Stango is a New Jersey boy, where he was an important figure in the DeCavalcante crime family. The criminal case against him is in New Jersey federal court in Newark. But after getting out the slammer in 2012 following his latest stretch for a racketeering conviction, he settled in Henderson. Just south of Las Vegas, Henderson has a reputation as a quiet, safe place. According to court records, Stango lived in a modest house titled to someone else in the Green Valley section.
Now, a lot of folks move to Henderson for retirement, and Stango was certainly of that age.
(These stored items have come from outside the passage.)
//! What a token begins or joins, where several may stand.

use crate::cond_tree::CompareOp;
use crate::expr_tree::{Function, Numeral, Width};
use om_base::Name;

/// The first token of a primary.
#[derive(Debug, Drop)]
pub enum Lead<'a> {
    Numeral(Numeral),
    /// What stands between single quotes.
    Text { at: u32, inside: Name<'a> },
    Null { at: u32 },
    Regular { at: u32, name: Name<'a> },
    /// What stands between double quotes.
    Delimited { at: u32, inside: Name<'a> },
    Paren,
    Signed { at: u32 },
    Bits { at: u32 },
    Memory { at: u32, width: Width },
    Count { at: u32 },
    /// MIN or MAX.
    Extreme { at: u32, function: Function },
}

/// What stands after a range variable and its point in a primary.
#[derive(Debug, Drop)]
pub enum Dotted<'a> {
    Regular { at: u32, name: Name<'a> },
    /// What stands between double quotes.
    Delimited { at: u32, inside: Name<'a> },
    Memory { at: u32, width: Width },
}

/// What makes a predicate of the expression before it.
#[derive(Clone, Copy, Debug, PartialEq, Eq)]
pub enum Word {
    Compare { at: u32, op: CompareOp },
    Not,
    Between { at: u32 },
    In { at: u32 },
    Is { at: u32 },
}

/// What makes a predicate of the expression and the NOT before it.
#[derive(Clone, Copy, Debug, PartialEq, Eq)]
pub enum Negatable {
    Between { at: u32 },
    In { at: u32 },
}
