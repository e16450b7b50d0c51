//! What parentheses held, or a test began with.

use crate::cond_tree::CondTree;
use crate::expr_tree::ExprTree;

/// An expression or a condition, where both may stand.
#[derive(Debug, Drop)]
pub enum Found<'a> {
    Value(ExprTree<'a>),
    Truth(CondTree<'a>),
}
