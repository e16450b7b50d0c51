//! What holds of texts, tokens and trees, whatever the parser does.

ghost use Rattle.std.specs.Prelude.{◌≡◌, ℕ, ◌⊎◌, List};
ghost use Rattle.om_token.specs.declared.token.Token.{Token};
ghost use Rattle.om_grammar.specs.declared.tree.Query.{Query};
ghost use Rattle.om_grammar.specs.declared.fault.ParseFault.{ParseFault};
ghost use Rattle.om_grammar.specs.Grammar.{IsQuery};
ghost use Rattle.om_grammar.specs.Depth.{IsShallow, IsTooDeep};
ghost use Rattle.om_grammar.specs.Refusals.{HasTree, IsRefused, IsRefusal};
ghost use Rattle.om_grammar.specs.Sameness.{SameQuery};
ghost use Rattle.om_grammar.specs.Spelling.{IsPastLimits};
ghost use Rattle.om_grammar.specs.Words.{query_text};

/// Tokens nest too deep at one place at most, and everywhere else they don't.
pub fn one_depth()
    ensures one { (tokens : List Token) (a b : ℕ) → IsTooDeep tokens a → IsTooDeep tokens b → a ≡ b }
    ensures never_both { (tokens : List Token) (at : ℕ) → IsTooDeep tokens at → IsShallow tokens → ⊥ }
    ensures either { (tokens : List Token) → IsShallow tokens ⊎ ((at : ℕ) × IsTooDeep tokens at) }
{}

/// A list of tokens has one tree at most, and so has a text, the offsets in the trees included.
pub fn one_tree()
    ensures of_tokens { (tokens : List Token) (a b : Query) → IsQuery tokens a → IsQuery tokens b → a ≡ b }
    ensures of_text { (text : List ℕ) (a b : Query) → HasTree text a → HasTree text b → a ≡ b }
{}

/// A list of tokens is refused at one place at most, and a text by one fault.
pub fn one_refusal()
    ensures of_tokens { (tokens a b : List Token) → IsRefused IsQuery tokens a → IsRefused IsQuery tokens b → a ≡ b }
    ensures of_text { (text : List ℕ) (a b : ParseFault) → IsRefusal text a → IsRefusal text b → a ≡ b }
{}

/// Nothing that has a tree is refused.
pub fn never_both()
    ensures of_tokens { (tokens rest : List Token) (query : Query) → IsQuery tokens query → IsRefused IsQuery tokens rest → ⊥ }
    ensures of_text { (text : List ℕ) (query : Query) (fault : ParseFault) → HasTree text query → IsRefusal text fault → ⊥ }
{}

/// Every text has a tree or is refused.
pub fn tree_or_refusal()
    ensures { (text : List ℕ) → ((query : Query) × HasTree text query) ⊎ ((fault : ParseFault) × IsRefusal text fault) }
{}

/// The text of a tree has a tree again unless it goes past the limits on length or depth. It is the same apart from offsets.
pub fn round_trip()
    ensures again { (text : List ℕ) (query : Query) → HasTree text query → ((again : Query) × HasTree (query_text query) again) ⊎ ((fault : ParseFault) × IsPastLimits (query_text query) fault) }
    ensures same { (text : List ℕ) (query again : Query) → HasTree text query → HasTree (query_text query) again → SameQuery query again }
{}
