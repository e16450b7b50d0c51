//! The tree of a query. Each node keeps the offset of the token that faults of it are told at, in bytes from
//! the start of the text. Parentheses leave no node.

use crate::cond_tree::CondTree;
use crate::expr_tree::ExprTree;
use om_base::{Items, Name, Text};

/// A query.
#[derive(Debug, Drop)]
pub struct Query<'a> {
    /// What stands between SELECT and FROM, at least one.
    pub items: Items<Item<'a>>,
    /// What stands after FROM, at least one.
    pub tables: Items<TableName<'a>>,
    /// The condition after WHERE.
    pub filter: Option<CondTree<'a>>,
    /// The columns after GROUP BY. None where it isn't there.
    pub groups: Items<ColumnName<'a>>,
    /// What stands after ORDER BY. None where it isn't there.
    pub keys: Items<SortKey<'a>>,
}

/// One column of the result.
#[derive(Debug, Drop)]
pub struct Item<'a> {
    pub expr: ExprTree<'a>,
    /// The name that the query gives it.
    pub alias: Option<Alias<'a>>,
}

/// The name that a query gives a column of its result.
#[derive(Debug, Drop)]
pub struct Alias<'a> {
    pub at: u32,
    pub name: Identifier<'a>,
}

/// A table after FROM.
#[derive(Debug, Drop)]
pub struct TableName<'a> {
    pub at: u32,
    pub name: Name<'a>,
    /// The range variable that the query names.
    pub variable: Option<Label<'a>>,
}

/// A regular identifier that names a range variable.
#[derive(Debug, Drop)]
pub struct Label<'a> {
    pub at: u32,
    pub name: Name<'a>,
}

/// A name.
#[derive(Debug, Drop)]
pub enum Identifier<'a> {
    /// A regular identifier, as written.
    Regular(Name<'a>),
    /// What a delimited identifier says.
    Delimited(Text),
}

/// A column.
#[derive(Debug, Drop)]
pub struct ColumnName<'a> {
    /// The range variable before the point.
    pub qualifier: Option<Label<'a>>,
    /// Where the column's own name stands.
    pub at: u32,
    pub name: Identifier<'a>,
}

/// What rows are sorted by.
#[derive(Debug, Drop)]
pub struct SortKey<'a> {
    pub at: u32,
    pub key: Key<'a>,
    pub direction: Direction,
}

/// Which column of the result rows are sorted by.
#[derive(Debug, Drop)]
pub enum Key<'a> {
    /// Its position, counted from 1.
    Position(u64),
    /// Its name.
    Named(Identifier<'a>),
}

/// Which way rows are sorted.
#[derive(Clone, Copy, Debug, PartialEq, Eq)]
pub enum Direction {
    Ascending,
    Descending,
}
But according to a partial transcript of a secretly recorded conversation with an undercover informant, filed in the New Jersey court, Stango expressed a, uh, business reason.
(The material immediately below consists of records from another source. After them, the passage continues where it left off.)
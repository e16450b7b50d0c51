//! Expressions.

use crate::tree::{ColumnName, Label};
use om_base::Text;
use sqlite_items::{Boxed, Items as Members};

/// A numeral.
#[derive(Debug, Drop)]
pub struct Numeral {
    pub at: u32,
    pub value: u64,
}

/// An expression.
#[cycle(expr)]
#[derive(Debug, Drop)]
pub enum ExprTree<'a> {
    Numeral(Numeral),
    /// What a text says.
    Text {
        at: u32,
        text: Text,
    },
    Null {
        at: u32,
    },
    Column(ColumnName<'a>),
    /// A first term, and at least one more.
    Sum(Boxed<ExprTree<'a>>, Members<Addend<'a>>),
    /// A first factor, and at least one more.
    Product(Boxed<ExprTree<'a>>, Members<Factor<'a>>),
    /// A sign before a factor.
    Sign {
        at: u32,
        sign: Sign,
        expr: Boxed<ExprTree<'a>>,
    },
    /// SIGNED.
    Signed {
        at: u32,
        expr: Boxed<ExprTree<'a>>,
    },
    /// BITS.
    Bits {
        at: u32,
        expr: Boxed<ExprTree<'a>>,
        high: Numeral,
        low: Numeral,
    },
    /// MEM8, MEM16 or MEM32.
    Memory {
        /// The range variable before the point.
        qualifier: Option<Label<'a>>,
        /// Where the word itself stands.
        at: u32,
        width: Width,
        address: Boxed<ExprTree<'a>>,
    },
    /// COUNT(*).
    CountRows {
        at: u32,
    },
    /// COUNT, MIN or MAX of an expression.
    Aggregate {
        at: u32,
        function: Function,
        expr: Boxed<ExprTree<'a>>,
    },
}

/// A term of a sum, after the first.
#[cycle(expr)]
#[derive(Debug, Drop)]
pub struct Addend<'a> {
    /// Where the sign stands.
    pub at: u32,
    pub sign: Sign,
    pub term: ExprTree<'a>,
}

/// A factor of a product, after the first.
#[cycle(expr)]
#[derive(Debug, Drop)]
pub struct Factor<'a> {
    /// Where the operator stands.
    pub at: u32,
    pub scale: Scale,
    pub factor: ExprTree<'a>,
}

#[derive(Clone, Copy, Debug, PartialEq, Eq)]
pub enum Sign {
    Plus,
    Minus,
}

/// The operator of a product.
#[derive(Clone, Copy, Debug, PartialEq, Eq)]
pub enum Scale {
    Times,
    Divide,
}

/// How many bytes of memory are read.
#[derive(Clone, Copy, Debug, PartialEq, Eq)]
pub enum Width {
    Byte,
    Half,
    Word,
}

/// An aggregate of the values of an expression.
#[derive(Clone, Copy, Debug, PartialEq, Eq)]
pub enum Function {
    Count,
    Min,
    Max,
}
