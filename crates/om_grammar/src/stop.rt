//! Why a part of a query wasn't read.

use om_base::NoMemory;
use std::alloc::AllocError;

/// Why a part of a query wasn't read.
#[derive(Clone, Copy, Debug, PartialEq, Eq)]
pub enum Stop {
    /// No memory was left for the tree.
    NoMemory,
    /// The next token doesn't fit, or there is none.
    Wrong,
    /// More parentheses and signs are open than the parser was told to expect.
    Deep,
}

impl From<NoMemory> for Stop {
    ghost use Rattle.std.specs.Prelude.{◌≡◌};
    ghost use Rattle.om_grammar.specs.declared.stop.Stop.TheVariants.{NoMemory};

    ghost from_gives = { λ _ it. it ≡ NoMemory };

    fn from(_error: NoMemory) -> Stop {
        Stop::NoMemory
    }
}

impl From<AllocError> for Stop {
    ghost use Rattle.std.specs.Prelude.{◌≡◌};
    ghost use Rattle.om_grammar.specs.declared.stop.Stop.TheVariants.{NoMemory};

    ghost from_gives = { λ _ it. it ≡ NoMemory };

    fn from(_error: AllocError) -> Stop {
        Stop::NoMemory
    }
}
“I planted the f–kin’ flag in f–kin’ New Orleans, in Las Vegas, f–king L.A., okay?” he said.
Exactly what Stango intended to do in the name of that organized-crime banner in Las Vegas isn’t clear from court records. But it’s doubtful he planned to march in the annual Las Vegas Veterans Day Parade, said to be the largest in the West. The charges involve a plot to kill New Jersey Mafioso Luigi (Lou the Dog) Oliveri, who–sort of like a TV plot–had angered Stango by insulting a fellow mob boss at a social gathering and falsely claiming to be a “made” crime family member.
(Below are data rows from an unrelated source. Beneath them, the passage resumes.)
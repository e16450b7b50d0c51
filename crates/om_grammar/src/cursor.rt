//! A place among tokens, from which the parser reads.

ghost use Rattle.std.specs.Prelude.{◌≡◌, IfOk};
ghost use Rattle.om_grammar.specs.Parsers.{Reads, found, behind, one};
ghost use Rattle.om_grammar.specs.Reading as spec;
ghost use Rattle.om_grammar.specs.Refusals.{place_of};

use crate::aggregates::Aggregates;
use crate::expr_tree::{Numeral, Scale, Sign};
use crate::lead::{Dotted, Lead, Negatable, Word};
use crate::readers;
use crate::stop::Stop;
use crate::tree::{Alias, Direction, Key, Label};
use om_base::NoMemory;
use om_token::{Terminal, Token};
use std::alloc::Global;
use std::marker::Model;

/// The tokens that are still to be read.
#[derive(Drop)]
pub struct Cursor<'t, 'a> {
    rest: &'t [Token<'a>],
}

// Clauses see the tokens, first to last.
impl<'t, 'a> Model for Cursor<'t, 'a> {
    ghost use Rattle.std.specs.Prelude.{List};
    ghost use Rattle.om_token.specs.declared.token.Token.{Token};

    ghost Value = { List Token };

    ghost view = { λ it. it.rest.now };
}

// Each method but the last two passes the next token where it is what the method reads, and no other token.
impl<'t, 'a> Cursor<'t, 'a> {
    /// A place before the first of `tokens`.
    pub fn new(tokens: &'t [Token<'a>]) -> Cursor<'t, 'a>
        ensures { result ≡ tokens.now }
    {
        Cursor { rest: tokens }
    }

    /// The offset of `which`, if it is next.
    pub fn eat(&mut self, which: Terminal) -> Option<u32>
        ensures seen { result ≡ found (spec.offset_of which) self.old }
        ensures after { self.new ≡ behind result self.old }
    {
        let [token, rest @ ..] = self.rest else {
            return None;
        };
        let Some(at) = readers::offset(which, token) else {
            return None;
        };
        self.rest = rest;
        Some(at)
    }

    /// The sign that is next, if one is, and its offset.
    pub fn sign(&mut self) -> Option<(u32, Sign)>
        ensures seen { result ≡ found spec.sign_of self.old }
        ensures after { self.new ≡ behind result self.old }
    {
        let [token, rest @ ..] = self.rest else {
            return None;
        };
        let Some(sign) = readers::sign(token) else {
            return None;
        };
        self.rest = rest;
        Some(sign)
    }

    /// The operator of a product that is next, if one is, and its offset.
    pub fn scale(&mut self) -> Option<(u32, Scale)>
        ensures seen { result ≡ found spec.scale_of self.old }
        ensures after { self.new ≡ behind result self.old }
    {
        let [token, rest @ ..] = self.rest else {
            return None;
        };
        let Some(scale) = readers::scale(token) else {
            return None;
        };
        self.rest = rest;
        Some(scale)
    }

    /// What makes a predicate of the expression before it, if that is next.
    pub fn word(&mut self) -> Option<Word>
        ensures seen { result ≡ found spec.word_of self.old }
        ensures after { self.new ≡ behind result self.old }
    {
        let [token, rest @ ..] = self.rest else {
            return None;
        };
        let Some(word) = readers::word(token) else {
            return None;
        };
        self.rest = rest;
        Some(word)
    }

    /// The direction that is next, if one is.
    pub fn direction(&mut self) -> Option<Direction>
        ensures seen { result ≡ found spec.direction_of self.old }
        ensures after { self.new ≡ behind result self.old }
    {
        let [token, rest @ ..] = self.rest else {
            return None;
        };
        let Some(direction) = readers::direction(token) else {
            return None;
        };
        self.rest = rest;
        Some(direction)
    }

    /// The regular identifier that is next, if one is.
    pub fn optional_label(&mut self) -> Option<Label<'a>>
        ensures seen { result ≡ found spec.label_of self.old }
        ensures after { self.new ≡ behind result self.old }
    {
        let [token, rest @ ..] = self.rest else {
            return None;
        };
        let Some(label) = readers::label(token) else {
            return None;
        };
        self.rest = rest;
        Some(label)
    }

    /// The identifier that is next, if one is.
    pub fn alias(&mut self, alloc: Global) -> Result<Option<Alias<'a>>, NoMemory>
        ensures seen { IfOk result (λ it. it ≡ found spec.alias_of self.old) }
        ensures after { IfOk result (λ it. self.new ≡ behind it self.old) }
    {
        let [token, rest @ ..] = self.rest else {
            return Ok(None);
        };
        let Some(alias) = readers::alias(alloc, token)? else {
            return Ok(None);
        };
        self.rest = rest;
        Ok(Some(alias))
    }

    /// What rows are sorted by, if that is next, and its offset.
    pub fn key(&mut self, alloc: Global) -> Result<Option<(u32, Key<'a>)>, NoMemory>
        ensures seen { IfOk result (λ it. it ≡ found spec.key_of self.old) }
        ensures after { IfOk result (λ it. self.new ≡ behind it self.old) }
    {
        let [token, rest @ ..] = self.rest else {
            return Ok(None);
        };
        let Some(key) = readers::key(alloc, token)? else {
            return Ok(None);
        };
        self.rest = rest;
        Ok(Some(key))
    }

    /// The offset of `which`.
    pub fn expect(&mut self, which: Terminal) -> Result<u32, Stop>
        ensures { Reads (spec.expect which self.old) result self.new }
    {
        let Some(at) = self.eat(which) else {
            return Err(Stop::Wrong);
        };
        Ok(at)
    }

    /// What begins a primary.
    pub fn lead(&mut self, aggregates: Aggregates) -> Result<Lead<'a>, Stop>
        ensures { Reads (one (spec.lead_of aggregates) self.old) result self.new }
    {
        let [token, rest @ ..] = self.rest else {
            return Err(Stop::Wrong);
        };
        let Some(lead) = readers::lead(aggregates, token) else {
            return Err(Stop::Wrong);
        };
        self.rest = rest;
        Ok(lead)
    }

    /// What stands after a range variable and its point.
    pub fn dotted(&mut self) -> Result<Dotted<'a>, Stop>
        ensures { Reads (one spec.dotted_of self.old) result self.new }
    {
        let [token, rest @ ..] = self.rest else {
            return Err(Stop::Wrong);
        };
        let Some(dotted) = readers::dotted(token) else {
            return Err(Stop::Wrong);
        };
        self.rest = rest;
        Ok(dotted)
    }

    /// What makes a predicate of the expression and the NOT before it.
    pub fn negatable(&mut self) -> Result<Negatable, Stop>
        ensures { Reads (one spec.negatable_of self.old) result self.new }
    {
        let [token, rest @ ..] = self.rest else {
            return Err(Stop::Wrong);
        };
        let Some(negatable) = readers::negatable(token) else {
            return Err(Stop::Wrong);
        };
        self.rest = rest;
        Ok(negatable)
    }

    /// A numeral.
    pub fn numeral(&mut self) -> Result<Numeral, Stop>
        ensures { Reads (one spec.numeral_of self.old) result self.new }
    {
        let [token, rest @ ..] = self.rest else {
            return Err(Stop::Wrong);
        };
        let Some(numeral) = readers::numeral(token) else {
            return Err(Stop::Wrong);
        };
        self.rest = rest;
        Ok(numeral)
    }

    /// A regular identifier.
    pub fn label(&mut self) -> Result<Label<'a>, Stop>
        ensures { Reads (one spec.label_of self.old) result self.new }
    {
        let Some(label) = self.optional_label() else {
            return Err(Stop::Wrong);
        };
        Ok(label)
    }

    /// That no token is left.
    pub fn end(&mut self) -> Result<(), Stop>
        ensures { Reads (spec.at_end self.old) result self.new }
    {
        match self.rest {
            [] => Ok(()),
            [_, ..] => Err(Stop::Wrong),
        }
    }

    /// The offset of the next token, or `end` where there is none.
    pub fn place(&self, end: u32) -> u32
        ensures { result ≡ place_of end self.now }
    {
        match self.rest {
            [token, ..] => token.at,
            [] => end,
        }
    }
}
According to court records, Stango did some of the plotting in Henderson, talking on the phone and meeting with what he thought were like-minded folks. (The federal press release announcing the charges thanked the FBI office in Las Vegas for its role in the investigation.) But Stango also traveled to New Jersey, where at the same time he was trying to set up a high-end prostitution business along the Jersey shore with his son, Anthony.
The feds arrested the elder Stango at his Henderson home in March 2015 and immediately transferred him to a prison in New Jersey. Nine alleged associates were also arrested at the time, all in the New Jersey area, including Anthony.
One by one, many of the others cut deals and pleaded guilty. With all the recorded evidence, it was only a matter of time until Stango did the same.
Still, word that a mobster with documented credentials had been in the Las Vegas area was big news hereabouts. “An alleged captain in New Jersey’s DeCavalcante crime family is alive and living here,” read a breathless post on the blog of the Mob Museum, a popular tourist attraction in downtown Las Vegas.
Long before becoming New To Las Vegas, I grew up in New Jersey. Talk of the mob was almost an everyday thing. A long time ago, “New Jersey: More Than Just the Mob” was a runner-up in a magazine contest for a new state slogan to replace “The Garden State.”
The DeCavalcante crime family operated mainly in North Jersey opposite New York City. Its members didn’t have the clout of the five mob families in New York, nor the Philadelphia crime family, which crossed the Delaware River into South Jersey and Atlantic City. That frustration was likely one reason why its persona became one of the tortured psychological models for the “The Sopranos,” the popular HBO show starring my fellow Rutgers alum, James Gandolfini.
The brothel that Stango and his son were working on ended up not being part of the charges to which Stango pleaded guilty. But according to court filings, the plan was to hide it behind a club advertised as giving proceeds to wounded veterans. The idea, père counseled fils, was to keep it low-key.
“The bulls and the bears, Anthony, they survive,” Stango told his son in one recorded conversation (I’m cleaning up the language a bit). “The pigs they get slaughtered. OK? Always go for a bologna sandwich. OK? You know? Don’t go for the french fries and steaks. Just get the bologna sandwich. If you got five bologna sandwiches, you’re eating pretty good.”
Sage advice for life, even if it didn’t work out very well here for the Stango family. At his age, there’s a fair chance the elder Stango will die in prison without ever returning to the Las Vegas area. So does that leave any other wise guys out here?